[Source data]
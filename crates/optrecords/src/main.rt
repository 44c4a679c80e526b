// Writes a record file in a form: `optrecords OL` or `optrecords OM`. It reads a file of either form from standard input, told by its first
// mark, and writes it in the form that is asked for, or `refused`, the number and the place, to standard output. On standard error it says
// nothing where it wrote the file, `optrecords: refused ..` first where it refused, and anything else where it could not read or write: it
// sets no exit status, so tools/front.sh makes one of that.
#![tactic(auto)]

mod tell;

use input::host;
use input::host::Failure;
use origins::Form;
use reader::Reply;

// How many bytes are taken: 100,000 records of the longer form.
const MOST: usize = 1100000;

// Room for what is read: one byte more than is taken, so that a longer file is seen.
const ROOM: usize = MOST + 1;

// Writes what came of a file to standard output.
fn write_answer(rt: &HostRuntime, answer: Reply, out: &[u8]) -> Result<(), Failure> {
    match answer {
        Ok(count) => host::write(rt, lines::cut(out, 0, count)),
        Err(_) => host::write_refused(rt, reader::number_of(answer), reader::place_of(answer)),
    }
}

// Writes a file in the form `g`, or why it is not written. No file that is taken is longer in either form.
fn answer_to(rt: &HostRuntime, g: Form, file: &[u8]) {
    let mut out = host::room::<u8, MOST>();
    let answer = reader::turn(reader::form_of(file), g, file, &mut out);
    if let Err(why) = write_answer(rt, answer, &out) {
        host::say_failed(rt, b"optrecords", b"write", b"standard output", why);
        return;
    }
    if answer.is_err() {
        tell::explain(rt, reader::number_of(answer), reader::place_of(answer));
    }
}

// Reads standard input whole, and writes it in the form `g`. Of a file that did not come whole nothing is written.
fn take_input(rt: &HostRuntime, g: Form) {
    let mut room = host::room::<u8, ROOM>();
    match input::read_standard(rt, b"optrecords", &mut room) {
        Some(file) if file.len() <= MOST => answer_to(rt, g, file),
        Some(_) => host::say(
            rt,
            b"optrecords: cannot take more than 1100000 bytes of standard input\n",
        ),
        None => {}
    }
}

fn main(rt: HostRuntime) {
    let rt = &rt;
    let at = if host::arg_is(rt, 1, b"--") { 2 } else { 1 };
    let is_last = host::arg_count(rt) == at + 1;
    match host::arg(rt, at, &mut host::buffer()) {
        b"OL" if is_last => take_input(rt, Form::Ol),
        b"OM" if is_last => take_input(rt, Form::Om),
        _ => host::say(
            rt,
            b"optrecords: give one argument, the form to write: OL or OM\n",
        ),
    }
}
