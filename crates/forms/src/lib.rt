// The forms of a line and of a value: a line that a condition or a loop begins, a value that goes without parentheses, and a line
// that writes what a value needs.
#![tactic(auto)]

ghost use Rattle.std.specs.Prelude.{◌≡◌, cond, ◌||◌, [], ◌∷◌, ◌++◌, suc, ◌+◌, ◌≤◌, ◌<◌, ◌^◌, length, drop};
ghost use Rattle.lines.specs.Lf.{among, parts_of, prefixed};
ghost use Rattle.lines.specs.Inner.Out.{Wrote};
ghost use Rattle.lexical.specs.Idents.{words_in};
ghost use Rattle.forms.specs.Control.{is_control};
ghost use Rattle.forms.specs.Inner.Control.{control_front};
ghost use Rattle.forms.specs.Primary.{all_idents, is_plain_ref, keyword, is_operator, bare_go, is_primary, bare, paren_if_needed};
ghost use Rattle.forms.specs.Breaks.{writes, writes_any, breaks_with};
ghost use Rattle.forms.specs.Inner.Breaks.{writes_here};

// Whether a line, its front trimmed, begins as one that a condition or a loop begins.
fn begins_control(t: &[u8]) -> bool
    ensures { result ≡ control_front t.now }
{
    lines::starts_with(t, b"while (")
        | lines::starts_with(t, b"while(")
        | lines::starts_with(t, b"for (")
        | lines::starts_with(t, b"for(")
        | lines::starts_with(t, b"if (")
        | lines::starts_with(t, b"if(")
        | lines::starts_with(t, b"switch (")
        | lines::starts_with(t, b"switch(")
        | lines::starts_with(t, b"do {")
}

// Whether a line, its front trimmed, is one that a condition or a loop begins: most are told by their fronts, and then nothing is searched for.
pub fn is_control_header(t: &[u8]) -> bool
    ensures { result ≡ is_control t.now }
{
    if begins_control(t) {
        return true;
    }
    lines::contains(t, b": while (")
        | lines::contains(t, b": for (")
        | lines::contains(t, b"} else if (")
}

// Whether each piece between the dots is a simple name.
fn all_idents(t: &[u8]) -> bool
    ensures { result ≡ all_idents (parts_of 46 t.now) }
{
    lines::pieces(t, b'.').all(|p| names::is_simple_ident(p))
}

// Whether a value is names with a `.` between them.
pub fn is_plain_ref(s: &[u8]) -> bool
    ensures { result ≡ is_plain_ref s.now }
{
    all_idents(text::trim(s))
}

// Whether a byte is one of some bytes.
fn is_one_of(bs: &[u8], x: u8) -> bool
    ensures { result ≡ among bs.now x }
{
    lines::find_byte(bs, 0, x) < bs.len()
}

// Whether a byte in front makes a value no primary one.
fn is_unary(x: u8) -> bool
    ensures { result ≡ among (45 ∷ 43 ∷ 33 ∷ 126 ∷ 63 ∷ 123 ∷ []) x }
{
    is_one_of(b"-+!~?{", x)
}

// Whether a byte is an operator, or the `,`.
fn is_operator(x: u8) -> bool
    ensures { result ≡ is_operator x }
{
    is_one_of(b"+-*/%<>=&|^~!?,", x)
}

// Whether a byte is a bracket that opens.
fn opens(x: u8) -> bool
    ensures { result ≡ among (40 ∷ 91 ∷ 123 ∷ []) x }
{
    is_one_of(b"([{", x)
}

// Whether a byte is a bracket that closes.
fn closes(x: u8) -> bool
    ensures { result ≡ among (41 ∷ 93 ∷ 125 ∷ []) x }
{
    is_one_of(b")]}", x)
}

// Whether a word stands in front that makes a value no primary one.
fn starts_keyword(t: &[u8]) -> bool
    ensures { result ≡ keyword t.now }
{
    lines::starts_with(t, b"typeof ")
        | lines::starts_with(t, b"void ")
        | lines::starts_with(t, b"delete ")
        | lines::starts_with(t, b"await ")
        | lines::starts_with(t, b"yield")
        | lines::starts_with(t, b"function")
        | lines::starts_with(t, b"class")
        | lines::starts_with(t, b"async ")
}

// One more where it counts.
fn bump(counts: bool, n: usize) -> usize
    requires { n + 1 < 2 ^ 64 }
    ensures { result ≡ cond counts (suc n) n }
{
    if counts {
        return n + 1;
    }
    n
}

// Whether no operator stands outside brackets and quotes.
fn no_operator(t: &[u8]) -> bool
    ensures { result ≡ bare_go t.now 0 0 0 }
{
    let mut i = 0;
    let mut opened = 0;
    let mut closed = 0;
    // Kept: the place moves past a quote.
    while i < t.len() {
        let x = t[i];
        if text::is_quote(x) {
            let quote = lexical::token_at(t, i, 256);
            i += quote.size;
        } else {
            if is_operator(x) & (opened == closed) {
                return false;
            }
            opened = bump(opens(x), opened);
            closed = bump(closes(x), closed);
            i += 1;
        }
    }
    true
}

// Whether a value is a primary expression.
pub fn is_primary_expr(s: &[u8]) -> bool
    ensures { result ≡ is_primary s.now }
{
    let t = text::trim(s);
    if t.len() == 0 {
        return false;
    }
    if is_unary(t[0]) {
        return false;
    }
    if starts_keyword(t) {
        return false;
    }
    no_operator(t)
}

// Whether a value goes without parentheses: after `new` a plain reference, elsewhere a primary expression.
pub fn bare(rhs: &[u8], after_new: bool) -> bool
    ensures { result ≡ bare rhs.now after_new }
{
    if after_new {
        return is_plain_ref(rhs);
    }
    is_primary_expr(rhs)
}

// Writes a value at `o`, in parentheses where it needs them, and returns the place after it.
pub fn put_paren(rhs: &[u8], after_new: bool, out: &mut [u8], o: usize) -> usize
    requires { o + length (paren_if_needed rhs.now after_new) ≤ length out.old }
    ensures { Wrote out.old o (paren_if_needed rhs.now after_new) out.new result }
{
    if bare(rhs, after_new) {
        return lines::put(out, o, rhs);
    }
    let p = lines::put_byte(out, o, b'(');
    let q = lines::put(out, p, rhs);
    lines::put_byte(out, q, b')')
}

// Whether `name =` or `name++` stands in front.
fn stores_here(name: &[u8], l: &[u8]) -> bool
    ensures { result ≡ prefixed (name.now ++ 32 ∷ 61 ∷ []) l.now || prefixed (name.now ++ 43 ∷ 43 ∷ []) l.now }
{
    if !lines::starts_with(l, name) {
        return false;
    }
    let rest = lines::cut(l, name.len(), l.len());
    lines::starts_with(rest, b" =") | lines::starts_with(rest, b"++")
}

// Whether `name =`, `name++` or `++name` stands in front.
fn writes_here(name: &[u8], l: &[u8]) -> bool
    ensures { result ≡ writes_here name.now l.now }
{
    if stores_here(name, l) {
        return true;
    }
    if !lines::starts_with(l, b"++") {
        return false;
    }
    lines::starts_with(lines::cut(l, 2, l.len()), name)
}

// Whether `name =`, `name++` or `++name` stands in a line: where its first byte does, or a `+`.
fn writes_word(name: &[u8], line: &[u8]) -> bool
    requires { 0 < length name.now }
    ensures { result ≡ writes name.now line.now }
{
    let b = name[0];
    for i in 0..line.len() {
        if (line[i] == b) | (line[i] == b'+') {
            if writes_here(name, &line[i..]) {
                return true;
            }
        }
    }
    false
}

// The same of any name; one without bytes is written by ` =` and `++`.
fn writes(name: &[u8], line: &[u8]) -> bool
    ensures { result ≡ writes name.now line.now }
{
    if name.len() == 0 {
        return lines::contains(line, b" =") | lines::contains(line, b"++");
    }
    writes_word(name, line)
}

// Whether a line writes one of the words of a cleaned text.
fn writes_any(clean: &[u8], line: &[u8]) -> bool
    ensures { result ≡ writes_any (words_in clean.now) line.now }
{
    lexical::idents::each(clean).any(|word| writes(word, line))
}

// Whether a line that was taken in stores a register that a value reads, or writes a word of the cleaned value.
pub fn breaks(rhs: &[u8], clean: &[u8], line: &[u8]) -> bool
    ensures { result ≡ breaks_with rhs.now (words_in clean.now) line.now }
{
    match parse::parse(line) {
        parse::Line::Decl => false,
        parse::Line::Store(s) => {
            if words::count_reg(rhs, s.reg) > 0 {
                return true;
            }
            writes_any(clean, line)
        }
        parse::Line::Other => false,
    }
}
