// What the program says on standard error of a refusal: its number, what it means, where it is and what to do, each on a line.
use input::host::{say, say_number};

// What a refusal means.
fn meaning(rt: &HostRuntime, number: u8) {
    match number {
        1 => say(rt, b"the file ends within a record\n"),
        2 => say(rt, b"a record begins with another mark than the file's\n"),
        3 => say(
            rt,
            b"a record is out of order: its input line is not its own number\n",
        ),
        4 => say(rt, b"a record has an unknown fate\n"),
        5 => say(rt, b"a record's fate and its output line disagree\n"),
        6 => say(rt, b"a record does not fit into OL\n"),
        _ => say(
            rt,
            b"there is too little room, which is a fault of this program\n",
        ),
    }
}

// What to do about it.
fn advice(rt: &HostRuntime, number: u8) {
    match number {
        1 => say(rt, b"optrecords: get the whole file again\n"),
        2 => say(
            rt,
            b"optrecords: every record of a file begins with OL, or every one with OM; get the file again\n",
        ),
        3 => say(
            rt,
            b"optrecords: there is one record for each input line, from 0 on and in order; get the file again\n",
        ),
        4 => say(
            rt,
            b"optrecords: the fates are 0, 1, 2 and 3; get the file again\n",
        ),
        5 => say(
            rt,
            b"optrecords: a line of fate 3, and no other, has the output line 65535 (OM: 4294967295); get the file again\n",
        ),
        _ => say(
            rt,
            b"optrecords: OL has input lines up to 65535 and output lines up to 65534; keep this file in the form OM\n",
        ),
    }
}

// Says what a refusal means.
pub fn explain(rt: &HostRuntime, number: u8, place: usize) {
    say(rt, b"optrecords: refused ");
    say_number(rt, number);
    say(rt, b": ");
    meaning(rt, number);
    say(rt, b"optrecords: at record ");
    say_number(rt, place);
    say(rt, b", counted from 0\n");
    advice(rt, number);
}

* [Exercise directions]
Stop after the line containing "if let Err(why)": print exactly the lines from the start of the entries above up to it, that line included.

* [Result]
filename crates/optrecords/src/main.rt
repository 44c4a679c80e526b
// Writes a record file in a form: `optrecords OL` or `optrecords OM`. It reads a file of either form from standard input, told by its first
// mark, and writes it in the form that is asked for, or `refused`, the number and the place, to standard output. On standard error it says
// nothing where it wrote the file, `optrecords: refused ..` first where it refused, and anything else where it could not read or write: it
// sets no exit status, so tools/front.sh makes one of that.
#![tactic(auto)]

mod tell;

use input::host;
use input::host::Failure;
use origins::Form;
use reader::Reply;

// How many bytes are taken: 100,000 records of the longer form.
const MOST: usize = 1100000;

// Room for what is read: one byte more than is taken, so that a longer file is seen.
const ROOM: usize = MOST + 1;

// Writes what came of a file to standard output.
fn write_answer(rt: &HostRuntime, answer: Reply, out: &[u8]) -> Result<(), Failure> {
    match answer {
        Ok(count) => host::write(rt, lines::cut(out, 0, count)),
        Err(_) => host::write_refused(rt, reader::number_of(answer), reader::place_of(answer)),
    }
}

// Writes a file in the form `g`, or why it is not written. No file that is taken is longer in either form.
fn answer_to(rt: &HostRuntime, g: Form, file: &[u8]) {
    let mut out = host::room::<u8, MOST>();
    let answer = reader::turn(reader::form_of(file), g, file, &mut out);
    if let Err(why) = write_answer(rt, answer, &out) {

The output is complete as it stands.